## Goal of the exercise:
For each line below, write it out exactly as it appears.

---------- Dataset ----------

use crate::reply::LockReply;
use crate::state::LockState;

/// What the step of a command comes to, with the answer.
#[derive(Clone, Copy, Debug, PartialEq, Eq)]
pub enum LockVerdict {
    /// The state is to be this one.
    Changes(LockState, LockReply),
    /// The state stays.
    Stays(LockReply),
}
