//! The state that the frames of a lock journal leave, one command after another.
ghost use Rattle.std.specs.Prelude.{◌≡◌, ◌==◌, ◌+◌, ◌<◌, ◌^◌, false, length, IfOk, IfErr, IfSome};
ghost use Rattle.std.specs.List.{list_all};
ghost use Rattle.bbs_journal.specs.LoadFaults.{is_load_disk_fault};
ghost use Rattle.bbs_journal.specs.Reading.{payloads_of, bytes_of};
ghost use Rattle.locket.specs.Lives.{unused, IsCounted};
ghost use Rattle.locket.specs.Opening.{prepared_size, is_prepared, next_of, after_payload, followed, locks_of};

use crate::bytes::read_lock_command;
use crate::deciding::step;
use crate::state::LockState;
use crate::verdict::LockVerdict;
use bbs_journal::LoadFault;
use disk_trait::Area;

/// The place of the head in an area.
const HEAD: u64 = 23;

/// How many bytes the head of a prepared area of a version has.
fn prepared_size(version: u16) -> usize
    ensures { result ≡ prepared_size version }
{
    if version == 1 { 24 } else { 28 }
}

fn is_zero(bytes: &[u8]) -> bool
    ensures { result ≡ list_all (λ b. b == 0) bytes.now }
{
    bytes.iter().all(|byte| *byte == 0)
}

/// Whether a head is that of a prepared area, which is all zero.
fn is_prepared(version: u16, head: &[u8]) -> bool
    ensures { result ≡ is_prepared version head.now }
{
    if head.len() != prepared_size(version) {
        return false;
    }
    is_zero(head)
}

fn next_of(verdict: LockVerdict) -> Option<LockState>
    ensures { result ≡ next_of verdict }
{
    match verdict {
        LockVerdict::Changes(next, _) => Some(next),
        LockVerdict::Stays(_) => None,
    }
}

/// The state after a payload, where that is a command and changes the state.
fn follow_payload(state: &LockState, payload: &[u8]) -> Option<LockState>
    requires { IsCounted state.now }
    ensures value { result ≡ after_payload state.entry.now payload.now }
    ensures counted { IfSome result IsCounted }
{
    match read_lock_command(payload) {
        Some(command) => next_of(step(state, &command)),
        None => None,
    }
}

/// The state after the frames of an area, whose first gate stands at `start`, or the defect that stands
/// first.
fn follow(
    area: Area,
    start: u64,
    frames: &[Vec<u8>],
    broken: Option<u64>,
) -> Result<LockState, LoadFault>
    requires { start + bytes_of (payloads_of frames.now) < 2 ^ 64 }
    ensures value { result ≡ followed area broken unused start (payloads_of frames.entry.now) }
    ensures counted { IfOk result IsCounted }
    ensures told { IfErr result (λ e. is_load_disk_fault e ≡ false) }
{
    let mut state = LockState::unused();
    let mut at = start;
    for frame in frames {
        match follow_payload(&state, frame) {
            Some(next) => state = next,
            None => return Err(LoadFault::Damaged { area, at }),
        }
        at += 3 + frame.len() as u64;
    }
    match broken {
        None => Ok(state),
        Some(at) => Err(LoadFault::Damaged { area, at }),
    }
}

/// The state that an area of this version comes to, or its first defect from its head on. It takes no
/// memory.
pub(crate) fn locks_of(
    version: u16,
    area: Area,
    head: &[u8],
    frames: &[Vec<u8>],
    broken: Option<u64>,
) -> Result<LockState, LoadFault>
    requires { 23 + length head.now + bytes_of (payloads_of frames.now) < 2 ^ 64 }
    ensures value { result ≡ locks_of version area head.now (payloads_of frames.entry.now) broken }
    ensures told { IfErr result (λ e. is_load_disk_fault e ≡ false) }
{
    if !is_prepared(version, head) {
        return Err(LoadFault::Damaged { area, at: HEAD });
    }
    follow(area, HEAD + head.len() as u64, frames, broken)
}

----------

## Written solution:
use crate::reply::LockReply;
use crate::state::LockState;

/// What the step of a command comes to, with the answer.
#[derive(Clone, Copy, Debug, PartialEq, Eq)]
pub enum LockVerdict {
    /// The state is to be this one.
    Changes(LockState, LockReply),
    /// The state stays.
    Stays(LockReply),
}
//! The state that the frames of a lock journal leave, one command after another.
ghost use Rattle.std.specs.Prelude.{◌≡◌, ◌==◌, ◌+◌, ◌<◌, ◌^◌, false, length, IfOk, IfErr, IfSome};
ghost use Rattle.std.specs.List.{list_all};
ghost use Rattle.bbs_journal.specs.LoadFaults.{is_load_disk_fault};
ghost use Rattle.bbs_journal.specs.Reading.{payloads_of, bytes_of};
ghost use Rattle.locket.specs.Lives.{unused, IsCounted};
ghost use Rattle.locket.specs.Opening.{prepared_size, is_prepared, next_of, after_payload, followed, locks_of};

use crate::bytes::read_lock_command;
use crate::deciding::step;
use crate::state::LockState;
use crate::verdict::LockVerdict;
use bbs_journal::LoadFault;
use disk_trait::Area;

/// The place of the head in an area.
const HEAD: u64 = 23;

/// How many bytes the head of a prepared area of a version has.
fn prepared_size(version: u16) -> usize
    ensures { result ≡ prepared_size version }
{
    if version == 1 { 24 } else { 28 }
}

fn is_zero(bytes: &[u8]) -> bool
    ensures { result ≡ list_all (λ b. b == 0) bytes.now }
{
    bytes.iter().all(|byte| *byte == 0)
}

/// Whether a head is that of a prepared area, which is all zero.
fn is_prepared(version: u16, head: &[u8]) -> bool
    ensures { result ≡ is_prepared version head.now }
{
    if head.len() != prepared_size(version) {
        return false;
    }
    is_zero(head)
}

fn next_of(verdict: LockVerdict) -> Option<LockState>
    ensures { result ≡ next_of verdict }
{
    match verdict {
        LockVerdict::Changes(next, _) => Some(next),
        LockVerdict::Stays(_) => None,
    }
}

/// The state after a payload, where that is a command and changes the state.
fn follow_payload(state: &LockState, payload: &[u8]) -> Option<LockState>
    requires { IsCounted state.now }
    ensures value { result ≡ after_payload state.entry.now payload.now }
    ensures counted { IfSome result IsCounted }
{
    match read_lock_command(payload) {
        Some(command) => next_of(step(state, &command)),
        None => None,
    }
}

/// The state after the frames of an area, whose first gate stands at `start`, or the defect that stands
/// first.
fn follow(
    area: Area,
    start: u64,
    frames: &[Vec<u8>],
    broken: Option<u64>,
) -> Result<LockState, LoadFault>
    requires { start + bytes_of (payloads_of frames.now) < 2 ^ 64 }
    ensures value { result ≡ followed area broken unused start (payloads_of frames.entry.now) }
    ensures counted { IfOk result IsCounted }
    ensures told { IfErr result (λ e. is_load_disk_fault e ≡ false) }
{
    let mut state = LockState::unused();
    let mut at = start;
    for frame in frames {
        match follow_payload(&state, frame) {
            Some(next) => state = next,
            None => return Err(LoadFault::Damaged { area, at }),
        }
        at += 3 + frame.len() as u64;
    }
    match broken {
        None => Ok(state),
        Some(at) => Err(LoadFault::Damaged { area, at }),
    }
}

/// The state that an area of this version comes to, or its first defect from its head on. It takes no
/// memory.
pub(crate) fn locks_of(
    version: u16,
    area: Area,
    head: &[u8],
    frames: &[Vec<u8>],
    broken: Option<u64>,
) -> Result<LockState, LoadFault>
    requires { 23 + length head.now + bytes_of (payloads_of frames.now) < 2 ^ 64 }
    ensures value { result ≡ locks_of version area head.now (payloads_of frames.entry.now) broken }
    ensures told { IfErr result (λ e. is_load_disk_fault e ≡ false) }
{
    if !is_prepared(version, head) {
        return Err(LoadFault::Damaged { area, at: HEAD });
    }
    follow(area, HEAD + head.len() as u64, frames, broken)
}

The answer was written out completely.